According to recent data from Chainalysis, it appears that crypto hackers from North Korea have taken almost $400 million worth of crypto through cyberattacks throughout 2021.
The blockchain analytics firm’s report from January 13 also shows that the type of crypto stolen has seen a sea change. In 2017, most of the stolen crypto by DPRK were BTC, but now, it seems that only one-fifth of the total amount stolen is Bitcoin.
According to the report, attacks from North Korea of DPRK back in 2021 mostly targeted “investment firms and centralized exchanges.” Not only that, they employed various ways to maliciously take these funds, including code exploits, advanced social engineering, and phishing lures.
The UN Security Council claims that DPRK steals crypto to dodge economic sanctions. Not only that, but they reportedly use the stolen funds to support ballistic missile programs and nuclear weapons. It’s clear that the threat DPRK poses on global crypto platforms has become even more imminent.
Nowadays, Chainalysis refers to these hackers (e.g., Lazarus Group) as advanced persistent threats or APT. For the past three years, threats from such groups have significantly increased, especially after 2018’s all-time high of more than $500 million worth of stolen crypto.

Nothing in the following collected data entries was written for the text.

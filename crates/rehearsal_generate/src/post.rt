//! The tasks that are posted.
ghost use Rattle.std.specs.Prelude.{◌≡◌, ◌<◌, IfOk};
ghost use Rattle.std.specs.String.{string_bytes};
ghost use Rattle.rehearsal_generate.specs.Posts.{alone_text, body_of, both_text, kind_drawn, partner_of, post_of, seed_after_post, spec_text, stream_text, task_text};

use crate::tally::Tally;
use plugin_core::kind::{TestKind, kind_name};
use ps_time::memory::Memory;
use std::alloc::Global;

/// A task, and the host to which it is posted.
#[derive(Clone, Copy)]
pub struct Post {
    /// The place of the host.
    pub place: usize,
    pub kind: TestKind,
    /// How long the test takes, or the most that it may take.
    pub seconds: u64,
    /// From -10 to 10.
    pub priority: i16,
}

fn kind_drawn(number: u64) -> TestKind
    ensures { result ≡ kind_drawn number }
{
    match number {
        0 => TestKind::Idle,
        1 => TestKind::Idleex,
        2 => TestKind::Idlemany,
        _ => TestKind::Simplestream,
    }
}

/// The place of the next host; after the last comes the first.
pub fn partner_of(place: usize) -> usize
    requires { place < 8 }
    ensures partner { result ≡ partner_of place }
    ensures within { result < 8 }
{
    (place + 1) % 8
}

/// The next post, by four draws.
#[tactic(auto, unfolding(crate::specs::Posts::post_of, crate::specs::Posts::seed_after_post))]
pub fn draw_post(tally: &mut Tally) -> Post
    ensures post { result ≡ post_of tally.old.seed }
    ensures tally { tally.new ≡ record tally.old { seed = seed_after_post tally.old.seed } }
    ensures place { result.place < 8 }
{
    let place = (tally.draw() % 8) as usize;
    let kind = kind_drawn(tally.draw() % 4);
    let seconds = 1 + tally.draw() % 60;
    let priority = (tally.draw() % 21) as i16 - 10;
    Post {
        place,
        kind,
        seconds,
        priority,
    }
}

fn alone_text(alloc: Global, seconds: u64) -> Result<String, Memory>
    ensures { IfOk result (λ text. string_bytes text ≡ alone_text seconds) }
{
    Ok(format!(in alloc; "{{\"duration\":\"PT{seconds}S\"}}")?)
}

fn both_text(alloc: Global, host: usize, partner: usize, seconds: u64) -> Result<String, Memory>
    ensures { IfOk result (λ text. string_bytes text ≡ both_text host partner seconds) }
{
    Ok(format!(in alloc;
        "{{\"duration\":\"PT{seconds}S\",\"hosts\":[\"h{host}\",\"h{partner}\"]}}"
    )?)
}

fn stream_text(alloc: Global, partner: usize, seconds: u64) -> Result<String, Memory>
    ensures { IfOk result (λ text. string_bytes text ≡ stream_text partner seconds) }
{
    Ok(format!(in alloc; "{{\"dest\":\"h{partner}\",\"timeout\":\"PT{seconds}S\"}}")?)
}

// The spec of the test, as JSON.
fn spec_text(alloc: Global, kind: TestKind, place: usize, seconds: u64) -> Result<String, Memory>
    requires { place < 8 }
    ensures { IfOk result (λ text. string_bytes text ≡ spec_text kind place seconds) }
{
    let partner = partner_of(place) + 1;
    match kind {
        TestKind::Idlemany => both_text(alloc, place + 1, partner, seconds),
        TestKind::Simplestream => stream_text(alloc, partner, seconds),
        _ => alone_text(alloc, seconds),
    }
}

fn task_text(alloc: Global, priority: i16, spec: &str, kind: TestKind) -> Result<String, Memory>
    ensures { IfOk result (λ text. string_bytes text ≡ task_text priority spec.now kind) }
{
    let kind = kind_name(kind);
    Ok(format!(in alloc;
        "{{\"priority\":{priority},\"test\":{{\"spec\":{spec},\"type\":\"{kind}\"}}}}"
    )?)
}

/// What is posted.
#[tactic(auto, unfolding(crate::specs::Posts::body_of))]
pub fn body_of(alloc: Global, post: &Post) -> Result<String, Memory>
    requires { post.now.place < 8 }
    ensures { IfOk result (λ text. string_bytes text ≡ body_of post.now) }
{
    let spec = spec_text(alloc, post.kind, post.place, post.seconds)?;
    task_text(alloc, post.priority, spec.as_str(), post.kind)
}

Chainalysis’ report also reveals that the hackers thoroughly laundered these funds. However, money laundering isn’t the only illegal method these groups use, including the ‘Peel Chain’ method and chain hopping. Recently, hackers have also been employing coin swaps and mixing, making things even more complex.
The hackers used mixers for more than 65% of the stolen funds from 2021. For the unfamiliar, a mixer is a software-based privacy system. It allows users to cover up the destination and source of the assets they send. More and more hackers prefer to use decentralized exchanges because they don’t require permission and offer sufficient liquidity.
As an illustration, Chainalysis used Liquid.com’s cyberattack from August 19, 2021, to showcase how DPRK hackers launder the assets. During that hack, $91 million worth of crypto was stolen. At first, the hackers swapped the ERC-20 coins for Ether using DEXs. They sent the ETH tokens to a mixer and exchanged them for Bitcoin. Again, this process was also mixed.
Lastly, the hackers sent the BTC to centralized Asian exchanges, which were most likely a fiat off-ramp.